- #1
lfdahl
Gold Member
MHB
- 749
- 0
Find all the real numbers $x$ and $y$, that satisfy the following equations:
\[8x^2-2xy^2 = 6y = 3x^2+3x^3y^2\]
\[8x^2-2xy^2 = 6y = 3x^2+3x^3y^2\]
my solution:lfdahl said:Find all the real numbers $x$ and $y$, that satisfy the following equations:
\[8x^2-2xy^2 = 6y = 3x^2+3x^3y^2\]
Albert said:my solution:
let $A=8x^2-2xy^2 $
$B= 6y$
$C= 3x^2+3x^3y^2$
from $A,B$ we have $xy^2+3y-4x^2=0-----(1)$
from $B,C$ we have $x^3y^2-2y+x^2=0-----(2)$
$(1)+(2)\times 4$ we get:
$y^2(4x^3+x)=5y$
so $y=0,x=0 $ or $y=\dfrac {5}{4x^3+x}---(3)$
put (3) to (1) or (2) we obtain all the solutions
but a simpler way :
for (3) is symmetric to the line : $y=x$
the solutions of A,B,C must lie on the line $x-y=0$
we may set $y=x$ and from (A)(B) we get:
$8x^2-2x^3=6x$
$x(x-1)(x-3)=0,$
that is $x=0,1,3$
but $x=3$ does not satisfy (2)
so all the real numbers $x$ and $y$, that satisfy the given equations:
are $(x,y)=(0,0)$ or $(x,y)=(1,1)$
Albert said:my solution:
let $A=8x^2-2xy^2 $
$B= 6y$
$C= 3x^2+3x^3y^2$
from $A,B$ we have $xy^2+3y-4x^2=0-----(1)$
from $B,C$ we have $x^3y^2-2y+x^2=0-----(2)$
$(1)+(2)\times 4$ we get:
$y^2(4x^3+x)=5y$
so $y=0,x=0 $ or $y=\dfrac {5}{4x^3+x}---(3)$
put (3) to (1) or (2) we obtain all the solutions
but a simpler way :
for (3) is symmetric to the line : $y=x$
the solutions of A,B,C must lie on the line $x-y=0$
we may set $y=x$ and from (A)(B) we get:
$8x^2-2x^3=6x$
$x(x-1)(x-3)=0,$
that is $x=0,1,3$
but $x=3$ does not satisfy (2)
so all the real numbers $x$ and $y$, that satisfy the given equations:
are $(x,y)=(0,0)$ or $(x,y)=(1,1)$
solakis said:how do you know that this the only real solution??
For e.g the equation: ax+b=c ,has a solution : x =c-b/a ,a different to zero.
But we can prove that this solution is unique
The same we can prove for the equation :\(\displaystyle ax^2+bx+c=0\),\(\displaystyle a\neq 0\)
The OP wants all the real solutions
The equation is asking you to find the values of x and y that make the equation true.
The degree of an equation is the highest exponent of any variable.
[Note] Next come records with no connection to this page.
//! Names that the paths of files give to the entries of objects.

ghost use Rattle.std.specs.Prelude.{◌≡◌, Ok, IfOk};
ghost use Rattle.std.specs.Option.{is_none};
ghost use Rattle.rt_words.specs.Found.{Finds};
ghost use Rattle.rt_image.specs.ObjectFile.{ObjectValue, IsObject, spelling};
ghost use Rattle.rt_image.specs.ObjectReading.{spelled_object};
ghost use Rattle.rt_names.specs.TaskName.{own_namer};
ghost use Rattle.rt_elf.specs.naming.PathName.{file_name, stem, begins_with_letter, stem_name, NamesByPath};

use crate::naming::entry_name::EntryName;
use crate::naming::fault::NameFault;
use crate::naming::naming::named_bytes;
use rt_image::{ReadFault, read_object};
use rt_names::own_namer;
use std::alloc::{AllocError, Global};

/// What stands behind the last `/` of a path, or all of it.
fn file_name(path: &str) -> &str
    ensures { result.now ≡ file_name path.now }
{
    match path.rsplit_once('/') {
        Some((_, name)) => name,
        None => path,
    }
}

/// The name of a file up to its first `.`, or all of it.
fn stem(path: &str) -> &str
    ensures { result.now ≡ stem path.now }
{
    let name = file_name(path);
    match name.split_once('.') {
        Some((stem, _)) => stem,
        None => name,
    }
}

fn begins_with_letter(word: &str) -> bool
    ensures { result ≡ begins_with_letter word.now }
{
    match word.as_bytes() {
        [first, ..] => first.is_ascii_alphabetic(),
        [] => false,
    }
}

/// The stem of a path, where it may be a name.
fn stem_name(path: &str) -> Option<EntryName<'_>>
    ensures { Finds (λ name. name.word.now) result (stem_name path.now) }
{
    if path.as_bytes().starts_with(b"/dev/") {
        return None;
    }
    let stem = stem(path);
    if !begins_with_letter(stem) {
        return None;
    }
    EntryName::new(stem)
}

/// Whether no symbol of an object file names a task that runs the object.
fn is_unnamed(alloc: Global, file: &[u8]) -> Result<bool, AllocError>
    requires { (o : ObjectValue) × IsObject o × (file.now ≡ spelling o) }
    ensures { IfOk result (λ unnamed. (o : ObjectValue) × (spelled_object file.now ≡ Ok o) × (unnamed ≡ is_none (own_namer o))) }
{
    match read_object(alloc, file) {
        Ok(object) => Ok(own_namer(&object).is_none()),
        Err(ReadFault::Memory) => Err(AllocError),
        // The bytes spell an object.
        Err(ReadFault::Fault(_)) => unreachable!(),
    }
}

/// The object file of this one, whose entry gets its name from a path: the path's stem, which is what stands behind the last `/`, up to
/// the first `.`. It gets none where the stem is no word of at most 64 bytes that begins with a letter, or the path is that of a device
/// (`/dev/..`), or a symbol at the entry names the task that runs the object, or one elsewhere has the stem as its name, or there is no
/// room for one more symbol.
///
/// # Errors
///
/// There is no memory.
pub fn path_named_file(alloc: Global, file: Vec<u8>, path: &str) -> Result<Vec<u8>, AllocError>
    requires { (o : ObjectValue) × IsObject o × (file.items ≡ spelling o) }
    ensures { IfOk result (λ named. NamesByPath path.now file.items named) }
{
    let Some(name) = stem_name(path) else {
        return Ok(file);
    };
    if !is_unnamed(alloc, &file)? {
        return Ok(file);
    }
    match named_bytes(alloc, &file, name) {
        Ok(named) => Ok(named),
        Err(NameFault::Memory) => Err(AllocError),
        Err(_) => Ok(file),
    }
}
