//! What the rules of ELF files make of a list of bytes, computed a second time: slowly, and straight from their words.

use super::reader_symbols::{Kept, kept_symbols, test_symbols};
use rt_elf::ElfFault;
use std::alloc::{AllocError, Global};

/// The first address of RAM.
pub const LOW: u64 = 0x8000_0000;

/// The end of the greatest RAM.
pub const HIGH: u64 = 0x8010_0000;

/// The number that so many bytes from a place on spell, low byte first. A byte that isn't there is 0.
pub fn number(file: &[u8], at: u64, len: u64) -> u64 {
    let mut value = 0u64;
    let mut scale = 1u64;
    for place in at..at.saturating_add(len) {
        let byte = file.get(place as usize).copied().unwrap_or(0);
        value = value.wrapping_add(u64::from(byte).wrapping_mul(scale));
        scale = scale.wrapping_mul(256);
    }
    value
}

/// The refusal of the first of these rows whose test holds.
pub fn test(rows: &[(bool, ElfFault)]) -> Result<(), ElfFault> {
    for (holds, fault) in rows {
        if *holds {
            return Err(*fault);
        }
    }
    Ok(())
}

/// The length of a file.
pub fn size(file: &[u8]) -> u64 {
    file.len() as u64
}

/// Whether a byte that is there of the first four is another.
fn begins_otherwise(file: &[u8]) -> bool {
    for (byte, magic) in file.iter().zip(b"\x7fELF") {
        if byte != magic {
            return true;
        }
    }
    false
}

/// Rows 1 to 6.
fn test_kind(file: &[u8]) -> Result<(), ElfFault> {
    test(&[
        (size(file) > 67_108_864, ElfFault::TooLarge),
        (begins_otherwise(file), ElfFault::BadMagic),
        (size(file) < 52, ElfFault::Truncated),
        (number(file, 4, 1) != 1, ElfFault::Not32Bit),
        (number(file, 5, 1) != 1, ElfFault::NotLittleEndian),
        (number(file, 18, 2) != 243, ElfFault::NotRiscV),
    ])
}

/// Rows 7 to 12.
fn test_program(file: &[u8]) -> Result<(), ElfFault> {
    let kind = number(file, 16, 2);
    let flags = number(file, 36, 4);
    test(&[
        (kind == 1, ElfFault::Relocatable),
        (kind == 3, ElfFault::Shared),
        (kind != 2, ElfFault::NotExecutable),
        (flags & 1 != 0, ElfFault::Compressed),
        (flags & 6 != 0, ElfFault::FloatAbi),
        (flags != 0, ElfFault::OtherAbi),
    ])
}

/// How many program headers there are.
fn header_count(file: &[u8]) -> u64 {
    number(file, 44, 2)
}

/// Rows 13 and 14.
fn test_table(file: &[u8]) -> Result<(), ElfFault> {
    let count = header_count(file);
    let end = number(file, 28, 4).saturating_add(count.saturating_mul(32));
    test(&[
        (count > 256, ElfFault::BadHeader),
        (count != 0 && number(file, 42, 2) != 32, ElfFault::BadHeader),
        (count != 0 && end > size(file), ElfFault::Truncated),
    ])
}

/// A program header.
#[derive(Clone, Copy)]
struct Header {
    kind: u64,
    offset: u64,
    vaddr: u64,
    paddr: u64,
    filesz: u64,
    memsz: u64,
}

impl Header {
    fn is_segment(&self) -> bool {
        self.kind == 1 && self.memsz > 0
    }

    fn has_bytes(&self) -> bool {
        self.is_segment() && self.filesz > 0
    }

    fn load_end(&self) -> u64 {
        self.paddr.saturating_add(self.filesz)
    }

    fn run_end(&self) -> u64 {
        self.vaddr.saturating_add(self.memsz)
    }

    /// Whether the load span has the address.
    fn loads(&self, address: u64) -> bool {
        self.has_bytes() && self.paddr <= address && address < self.load_end()
    }

    /// Puts its bytes to where it is loaded.
    fn load(&self, file: &[u8], image: &mut [u8]) {
        for place in 0..self.filesz {
            let from = self.offset.saturating_add(place);
            let to = self.paddr.saturating_sub(LOW).saturating_add(place);
            if let (Some(byte), Some(there)) = (
                file.get(from as usize),
                image.get_mut(to as usize),
            ) {
                *there = *byte;
            }
        }
    }
}

/// Header `k`.
fn header_at(file: &[u8], k: u64) -> Header {
    let at = number(file, 28, 4).saturating_add(k.saturating_mul(32));
    Header {
        kind: number(file, at, 4),
        offset: number(file, at.saturating_add(4), 4),
        vaddr: number(file, at.saturating_add(8), 4),
        paddr: number(file, at.saturating_add(12), 4),
        filesz: number(file, at.saturating_add(16), 4),
        memsz: number(file, at.saturating_add(20), 4),
    }
}

fn lies_in_ram(first: u64, end: u64) -> bool {
    first == end || (LOW <= first && end <= HIGH)
}

/// Row 15, of one header.
fn test_header(file: &[u8], h: &Header) -> Result<(), ElfFault> {
    let end = h.offset.saturating_add(h.filesz);
    let loaded = lies_in_ram(h.paddr, h.load_end());
    let run = lies_in_ram(h.vaddr, h.run_end());
    test(&[
        (h.kind == 2 || h.kind == 3, ElfFault::Dynamic),
        (h.kind == 1 && h.filesz > h.memsz, ElfFault::BadSegment),
        (h.has_bytes() && end > size(file), ElfFault::Truncated),
        (h.is_segment() && !loaded, ElfFault::OutsideRam),
        (h.is_segment() && !run, ElfFault::OutsideRam),
    ])
}

/// Row 15, and the headers.
fn headers(alloc: Global, file: &[u8]) -> Result<Result<Vec<Header>, ElfFault>, AllocError> {
    let mut headers = Vec::new(alloc);
    for k in 0..header_count(file) {
        let header = header_at(file, k);
        if let Err(fault) = test_header(file, &header) {
            return Ok(Err(fault));
        }
        headers.push(header)?;
    }
    Ok(Ok(headers))
}

/// Whether both load spans have one address.
fn share(a: &Header, b: &Header) -> bool {
    let first = a.paddr.max(b.paddr);
    a.loads(first) && b.loads(first)
}

fn any_share(headers: &[Header]) -> bool {
    for (j, a) in headers.iter().enumerate() {
        for b in headers.iter().skip(j.saturating_add(1)) {
            if share(a, b) {
                return true;
            }
        }
    }
    false
}

/// Rows 16 and 17.
fn test_image(headers: &[Header]) -> Result<(), ElfFault> {
    let has_bytes = headers.iter().any(|header| header.has_bytes());
    test(&[
        (!has_bytes, ElfFault::Empty),
        (any_share(headers), ElfFault::Overlap),
    ])
}

/// Rows 18 and 19.
fn test_sections(file: &[u8]) -> Result<(), ElfFault> {
    let there = has_sections(file);
    let end = number(file, 32, 4).saturating_add(number(file, 48, 2).saturating_mul(40));
    test(&[
        (there && number(file, 46, 2) != 40, ElfFault::BadHeader),
        (there && end > size(file), ElfFault::Truncated),
    ])
}

/// Whether there are section headers.
pub fn has_sections(file: &[u8]) -> bool {
    number(file, 32, 4) != 0 && number(file, 48, 2) != 0
}

/// How many bytes the image has.
fn image_size(headers: &[Header]) -> u64 {
    let mut end = LOW;
    for header in headers {
        if header.has_bytes() {
            end = end.max(header.load_end());
        }
        if header.is_segment() {
            end = end.max(header.run_end());
        }
    }
    end.saturating_sub(LOW)
}

/// The image.
fn image_of(alloc: Global, file: &[u8], headers: &[Header]) -> Result<Vec<u8>, AllocError> {
    let mut image = vec![in alloc; 0u8; image_size(headers) as usize]?;
    for header in headers {
        if header.has_bytes() {
            header.load(file, &mut image);
        }
    }
    Ok(image)
}

/// Appends so many bytes of a number, low byte first.
fn push_number(out: &mut Vec<u8>, value: u64, len: usize) -> Result<(), AllocError> {
    for byte in value.to_le_bytes().iter().take(len) {
        out.push(*byte)?;
    }
    Ok(())
}

/// The one spelling of an object.
fn spelled(alloc: Global, file: &[u8], image: &[u8], kept: &Kept) -> Result<Vec<u8>, AllocError> {
    let mut out = Vec::from_slice(alloc, b"RTI1")?;
    push_number(&mut out, number(file, 24, 4), 4)?;
    push_number(&mut out, size(image), 4)?;
    push_number(&mut out, kept.symbols.len() as u64, 4)?;
    out.extend_from_slice(image)?;
    for (name, address) in &kept.symbols {
        push_number(&mut out, name.len() as u64, 2)?;
        out.extend_from_slice(name)?;
        push_number(&mut out, *address, 4)?;
    }
    Ok(out)
}

/// Rows 1 to 14.
fn test_front(file: &[u8]) -> Result<(), ElfFault> {
    test_kind(file)?;
    test_program(file)?;
    test_table(file)
}

/// Rows 16 to 24.
fn test_rest(file: &[u8], headers: &[Header]) -> Result<(), ElfFault> {
    test_image(headers)?;
    test_sections(file)?;
    test_symbols(file)
}

/// The object file that the rules make of a file, and how many names are left out; or the refusal.
pub fn object_by_rules(
    alloc: Global,
    file: &[u8],
) -> Result<Result<(Vec<u8>, u64), ElfFault>, AllocError> {
    if let Err(fault) = test_front(file) {
        return Ok(Err(fault));
    }
    let headers = match headers(alloc, file)? {
        Ok(headers) => headers,
        Err(fault) => return Ok(Err(fault)),
    };
    if let Err(fault) = test_rest(file, &headers) {
        return Ok(Err(fault));
    }
    let kept = kept_symbols(alloc, file, image_size(&headers))?;
    if kept.symbols.len() > 65_536 {
        return Ok(Err(ElfFault::TooManySymbols));
    }
    let image = image_of(alloc, file, &headers)?;
    Ok(Ok((spelled(alloc, file, &image, &kept)?, kept.left_out)))
}
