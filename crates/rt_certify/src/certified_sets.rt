//! The law of a set whose tasks have certificates. The function does nothing: its clause is the law, and a caller has it after the call.
ghost use Rattle.std.specs.Prelude.{◌≡◌, ℕ, slice_get, Some};
ghost use Rattle.rt_image.specs.SystemFile.{SetTask, TaskSet};
ghost use Rattle.rt_history.specs.Admitted.{IsAdmittedSet};
ghost use Rattle.rt_certify.specs.declared.certificate.Certificate.{Certificate};
ghost use Rattle.rt_certify.specs.CertifiedSet.{HasCertificate, Counts, AreInTime};

/// In an admitted set the jobs that a certificate of a task counts are in time, whatever the other tasks do: no certificate of another is
/// needed.
pub fn certified_set_is_in_time()
    ensures { (set : TaskSet) (i : ℕ) (s : SetTask) (c : Certificate) (n : ℕ) → IsAdmittedSet set → slice_get set.tasks i ≡ Some s →
        HasCertificate s c → Counts c n → AreInTime set i s n }
{}
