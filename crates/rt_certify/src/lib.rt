//! A certificate for one program, which holds in every admitted set that has it: it is run alone, once, and each of its jobs is
//! compared with a budget and a period. The laws of `rt_laws` say what it promises. Nothing here allocates.
#![tactic(auto)]

mod certificate;
mod certified_sets;
mod certifying;
mod trial;

pub use certificate::{
    Certificate, Extremes, JobAt, Limits, NotCertified, PlacedCertificate, Reason,
};
pub use certified_sets::certified_set_is_in_time;
pub use certifying::{certify, certify_where};
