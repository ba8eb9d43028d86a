//! Requests for memory, of which one may be refused: with `rt try --test --fail-alloc N` the Nth.

use super::files::{ROM_AND_NAMES, ROM_AND_NAMES_OBJECT};
use crate::tests::same;
use rt_elf::{ElfFault, Made, Told, elf_object, told_symbols};
use std::alloc::Global;
use std::test::Fail;

/// Makes an object, and once more where there was no memory.
fn made_again(alloc: Global, file: &[u8]) -> Result<Made, ElfFault> {
    match elf_object(alloc, file) {
        Err(ElfFault::Memory) => elf_object(alloc, file),
        answer => answer,
    }
}

#[test]
fn objects_are_made_again(rt: HostRuntime) -> Result<(), Fail> {
    let made = made_again(rt.alloc(), &ROM_AND_NAMES)?;
    let object = ROM_AND_NAMES_OBJECT.as_slice();
    same(&rt, "object", made.bytes.as_slice(), object);
    Ok(())
}

/// Lists the symbols of a file, and once more where there was no memory.
fn told_again(alloc: Global, file: &[u8]) -> Result<Told<'_>, ElfFault> {
    match told_symbols(alloc, file) {
        Err(ElfFault::Memory) => told_symbols(alloc, file),
        answer => answer,
    }
}

/// The object has three of the symbols, and two are left out.
#[test]
fn symbols_are_told_again(rt: HostRuntime) -> Result<(), Fail> {
    let told = told_again(rt.alloc(), &ROM_AND_NAMES)?;
    same(&rt, "image", told.image_size, 24);
    same(&rt, "symbols", told.symbols.len(), 5);
    Ok(())
}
In this case, the highest exponent is 3, so the equation is a third-degree equation.
Yes, this equation can be solved algebraically by using techniques such as factoring or the quadratic formula.
There is no specific method that must be used to solve this equation. You can choose the method that you are most comfortable with or that seems most appropriate for the equation.
Yes, there are restrictions on the values of x and y in this equation. For example, since there are no square roots in this equation, the values of x and y must be real numbers. Additionally, the equation may have unique solutions or multiple solutions, depending on the values of the coefficients.